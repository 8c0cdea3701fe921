//! Bytes of files.
ghost use Rattle.std.specs.Prelude.{◌≡◌, ◌≤◌, ◌<◌, ◌+◌, ◌^◌, nat_le, length, min, IfOk, OnOk};
ghost use Rattle.views.specs.Limits as limits;
ghost use Rattle.sys_abi.specs.declared.transfer.TheConstants.{TRANSFER_LIMIT};
ghost use Rattle.plain_machine.specs.OfPlainTables.Tables.{changed_at};
ghost use Rattle.plain_machine.specs.HeldTold.{held_of};
ghost use Rattle.plain_machine.specs.Transfers.Files as words;
ghost use Rattle.plain_machine.specs.Answers.{RowTold, KeepsUnlessGives};

use crate::bytes::{piece_at, put_piece};
use crate::moving::gift;
use plain_machine::PlainKernel;
use plain_machine::descriptors::Held;
use plain_machine::plain_tables::answer::{Attempt, RowResult};
use plain_machine::plain_tables::{Description, Object};
use std::alloc::{AllocError, Global};
use sys_abi::errors::{EBADF, EFBIG, ENOSPC};
use sys_abi::flags::O_APPEND;
use views::list_of::ListOf;
use views::number_map::NumberMap;

/// All files together have at most so many bytes.
const ALL_FILES_LIMIT: u64 = 67_108_864;

/// Offsets are below this one.
const OFFSET_LIMIT: usize = 0x8000_0000;

/// The greatest offset, up to which no file has bytes.
const LAST_OFFSET: usize = OFFSET_LIMIT - 1;

/// A read of at most so many bytes of the file, from the description's offset on.
#[tactic(auto, unfolding(plain_machine::specs::Transfers::Files::read_file, plain_process::specs::Attempts::and_then, plain_process::specs::Attempts::found))]
pub fn read_file(
    kernel: &mut PlainKernel,
    alloc: Global,
    held: Held,
    number: u32,
    offset: u32,
    count: u32,
) -> RowResult
    requires { count ≤ TRANSFER_LIMIT }
    ensures row { IfOk result (RowTold (words.read_file kernel.old (held_of held) number offset count) kernel.new) }
    ensures kept { IfOk result (λ attempt. KeepsUnlessGives attempt kernel.old kernel.new) }
{
    let Some(bytes) = kernel.files.get(number) else {
        return Ok(Attempt::fails(EBADF));
    };
    let piece = piece_copy(alloc, bytes.as_slice(), offset, count)?;
    move_to(kernel, held, number, offset + piece.len() as u32)?;
    Ok(gift(piece))
}

/// A copy of the bytes from an offset on, at most so many, none of them behind the greatest offset.
fn piece_copy(
    alloc: Global,
    bytes: &[u8],
    offset: u32,
    count: u32,
) -> Result<ListOf<u8>, AllocError>
    ensures copy { IfOk result (λ copy. copy ≡ words.bytes_from bytes.now offset (words.read_room offset count)) }
    ensures few { IfOk result (λ copy. length copy ≤ count) }
    ensures fits { IfOk result (λ copy. offset + length copy < 2 ^ 32) }
{
    let room = LAST_OFFSET.saturating_sub(offset as usize);
    let piece = piece_at(bytes, offset as usize, room.min(count as usize));
    Ok(ListOf::from_vec(Vec::from_slice(alloc, piece)?))
}

fn move_to(kernel: &mut PlainKernel, held: Held, number: u32, offset: u32) -> Result<(), AllocError>
    ensures { OnOk result (kernel.new ≡ words.moved_behind kernel.old (held_of held) number offset) }
{
    kernel.put_description(
        held.0.desc,
        Description {
            object: Object::File { number, offset },
            flags: held.1.flags,
            owner: held.1.owner,
        },
    )
}

/// A write of these bytes to the file, at the description's offset or at the file's end.
#[tactic(auto, unfolding(plain_machine::specs::Transfers::Files::write_file, plain_machine::specs::Transfers::Files::write_piece, plain_process::specs::Attempts::and_then, plain_process::specs::Attempts::need, plain_process::specs::Attempts::found))]
pub fn write_file(
    kernel: &mut PlainKernel,
    alloc: Global,
    held: Held,
    number: u32,
    offset: u32,
    given: &[u8],
) -> RowResult
    requires { length given.now ≤ TRANSFER_LIMIT }
    ensures row { IfOk result (RowTold (words.write_file kernel.old (held_of held) number offset given.now) kernel.new) }
    ensures kept { IfOk result (λ attempt. KeepsUnlessGives attempt kernel.old kernel.new) }
{
    let Some(bytes) = kernel.files.get(number) else {
        return Ok(Attempt::fails(EBADF));
    };
    if given.len() == 0 {
        return Ok(Attempt::value(alloc, 0));
    }
    let place = write_place(held.1.flags, offset, bytes.as_slice());
    if place >= OFFSET_LIMIT || place + given.len() >= OFFSET_LIMIT {
        return Ok(Attempt::fails(EFBIG));
    }
    let end = place + given.len();
    let growth = end.saturating_sub(bytes.len());
    if !have_room(&kernel.files, growth as u64) {
        return Ok(Attempt::fails(ENOSPC));
    }
    put_at(&mut kernel.files, alloc, number, place, given)?;
    move_to(kernel, held, number, end as u32)?;
    Ok(Attempt::value(alloc, given.len() as u32))
}

fn write_place(flags: u32, offset: u32, bytes: &[u8]) -> usize
    ensures { result ≡ words.write_place flags offset bytes.now }
{
    if flags / O_APPEND % 2 == 1 {
        bytes.len()
    } else {
        offset as usize
    }
}

/// Whether all files together may have so many bytes more.
fn have_room(files: &NumberMap<ListOf<u8>>, growth: u64) -> bool
    ensures { result ≡ nat_le (words.total_bytes files.now + growth) limits.ALL_FILES_LIMIT }
{
    let mut room = ALL_FILES_LIMIT;
    for bytes in files.values() {
        let length = bytes.len() as u64;
        if length > room {
            return false;
        }
        room -= length;
    }
    growth <= room
}

fn put_at(
    files: &mut NumberMap<ListOf<u8>>,
    alloc: Global,
    number: u32,
    place: usize,
    piece: &[u8],
) -> Result<(), AllocError>
    requires { place < 2 ^ 32 }
    ensures { OnOk result (files.new ≡ changed_at files.old number (λ bytes. words.with_piece bytes place piece.now)) }
{
    match files.get_mut(number) {
        None => Ok(()),
        Some(bytes) => put_piece(bytes, alloc, place, piece),
    }
}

• • •

TASK REQUIREMENTS -
From the first entry to the last, reproduce everything precisely.

TASK SOLUTION -
repository 8c0cdea3701fe921
//! Bytes of files.
ghost use Rattle.std.specs.Prelude.{◌≡◌, ◌≤◌, ◌<◌, ◌+◌, ◌^◌, nat_le, length, min, IfOk, OnOk};
ghost use Rattle.views.specs.Limits as limits;
ghost use Rattle.sys_abi.specs.declared.transfer.TheConstants.{TRANSFER_LIMIT};
ghost use Rattle.plain_machine.specs.OfPlainTables.Tables.{changed_at};
ghost use Rattle.plain_machine.specs.HeldTold.{held_of};
ghost use Rattle.plain_machine.specs.Transfers.Files as words;
ghost use Rattle.plain_machine.specs.Answers.{RowTold, KeepsUnlessGives};

use crate::bytes::{piece_at, put_piece};
use crate::moving::gift;
use plain_machine::PlainKernel;
use plain_machine::descriptors::Held;
use plain_machine::plain_tables::answer::{Attempt, RowResult};
use plain_machine::plain_tables::{Description, Object};
use std::alloc::{AllocError, Global};
use sys_abi::errors::{EBADF, EFBIG, ENOSPC};
use sys_abi::flags::O_APPEND;
use views::list_of::ListOf;
use views::number_map::NumberMap;

/// All files together have at most so many bytes.
const ALL_FILES_LIMIT: u64 = 67_108_864;

/// Offsets are below this one.
const OFFSET_LIMIT: usize = 0x8000_0000;

/// The greatest offset, up to which no file has bytes.
const LAST_OFFSET: usize = OFFSET_LIMIT - 1;

/// A read of at most so many bytes of the file, from the description's offset on.
#[tactic(auto, unfolding(plain_machine::specs::Transfers::Files::read_file, plain_process::specs::Attempts::and_then, plain_process::specs::Attempts::found))]
pub fn read_file(
    kernel: &mut PlainKernel,
    alloc: Global,
    held: Held,
    number: u32,
    offset: u32,
    count: u32,
) -> RowResult
    requires { count ≤ TRANSFER_LIMIT }
    ensures row { IfOk result (RowTold (words.read_file kernel.old (held_of held) number offset count) kernel.new) }
    ensures kept { IfOk result (λ attempt. KeepsUnlessGives attempt kernel.old kernel.new) }
{
    let Some(bytes) = kernel.files.get(number) else {
        return Ok(Attempt::fails(EBADF));
    };
    let piece = piece_copy(alloc, bytes.as_slice(), offset, count)?;
    move_to(kernel, held, number, offset + piece.len() as u32)?;
    Ok(gift(piece))
}

/// A copy of the bytes from an offset on, at most so many, none of them behind the greatest offset.
fn piece_copy(
    alloc: Global,
    bytes: &[u8],
    offset: u32,
    count: u32,
) -> Result<ListOf<u8>, AllocError>
    ensures copy { IfOk result (λ copy. copy ≡ words.bytes_from bytes.now offset (words.read_room offset count)) }
    ensures few { IfOk result (λ copy. length copy ≤ count) }
    ensures fits { IfOk result (λ copy. offset + length copy < 2 ^ 32) }
{
    let room = LAST_OFFSET.saturating_sub(offset as usize);
    let piece = piece_at(bytes, offset as usize, room.min(count as usize));
    Ok(ListOf::from_vec(Vec::from_slice(alloc, piece)?))
}

fn move_to(kernel: &mut PlainKernel, held: Held, number: u32, offset: u32) -> Result<(), AllocError>
    ensures { OnOk result (kernel.new ≡ words.moved_behind kernel.old (held_of held) number offset) }
{
    kernel.put_description(
        held.0.desc,
        Description {
            object: Object::File { number, offset },
            flags: held.1.flags,
            owner: held.1.owner,
        },
    )
}

/// A write of these bytes to the file, at the description's offset or at the file's end.
#[tactic(auto, unfolding(plain_machine::specs::Transfers::Files::write_file, plain_machine::specs::Transfers::Files::write_piece, plain_process::specs::Attempts::and_then, plain_process::specs::Attempts::need, plain_process::specs::Attempts::found))]
pub fn write_file(
    kernel: &mut PlainKernel,
    alloc: Global,
    held: Held,
    number: u32,
    offset: u32,
    given: &[u8],
) -> RowResult
    requires { length given.now ≤ TRANSFER_LIMIT }
    ensures row { IfOk result (RowTold (words.write_file kernel.old (held_of held) number offset given.now) kernel.new) }
    ensures kept { IfOk result (λ attempt. KeepsUnlessGives attempt kernel.old kernel.new) }
{
    let Some(bytes) = kernel.files.get(number) else {
        return Ok(Attempt::fails(EBADF));
    };
    if given.len() == 0 {
        return Ok(Attempt::value(alloc, 0));
    }
    let place = write_place(held.1.flags, offset, bytes.as_slice());
    if place >= OFFSET_LIMIT || place + given.len() >= OFFSET_LIMIT {
        return Ok(Attempt::fails(EFBIG));
    }
    let end = place + given.len();
    let growth = end.saturating_sub(bytes.len());
    if !have_room(&kernel.files, growth as u64) {
        return Ok(Attempt::fails(ENOSPC));
    }
    put_at(&mut kernel.files, alloc, number, place, given)?;
    move_to(kernel, held, number, end as u32)?;
    Ok(Attempt::value(alloc, given.len() as u32))
}

fn write_place(flags: u32, offset: u32, bytes: &[u8]) -> usize
    ensures { result ≡ words.write_place flags offset bytes.now }
{
    if flags / O_APPEND % 2 == 1 {
        bytes.len()
    } else {
        offset as usize
    }
}

/// Whether all files together may have so many bytes more.
fn have_room(files: &NumberMap<ListOf<u8>>, growth: u64) -> bool
    ensures { result ≡ nat_le (words.total_bytes files.now + growth) limits.ALL_FILES_LIMIT }
{
    let mut room = ALL_FILES_LIMIT;
    for bytes in files.values() {
        let length = bytes.len() as u64;
        if length > room {
            return false;
        }
        room -= length;
    }
    growth <= room
}

fn put_at(
    files: &mut NumberMap<ListOf<u8>>,
    alloc: Global,
    number: u32,
    place: usize,
    piece: &[u8],
) -> Result<(), AllocError>
    requires { place < 2 ^ 32 }
    ensures { OnOk result (files.new ≡ changed_at files.old number (λ bytes. words.with_piece bytes place piece.now)) }
{
    match files.get_mut(number) {
        None => Ok(()),
        Some(bytes) => put_piece(bytes, alloc, place, piece),
    }
}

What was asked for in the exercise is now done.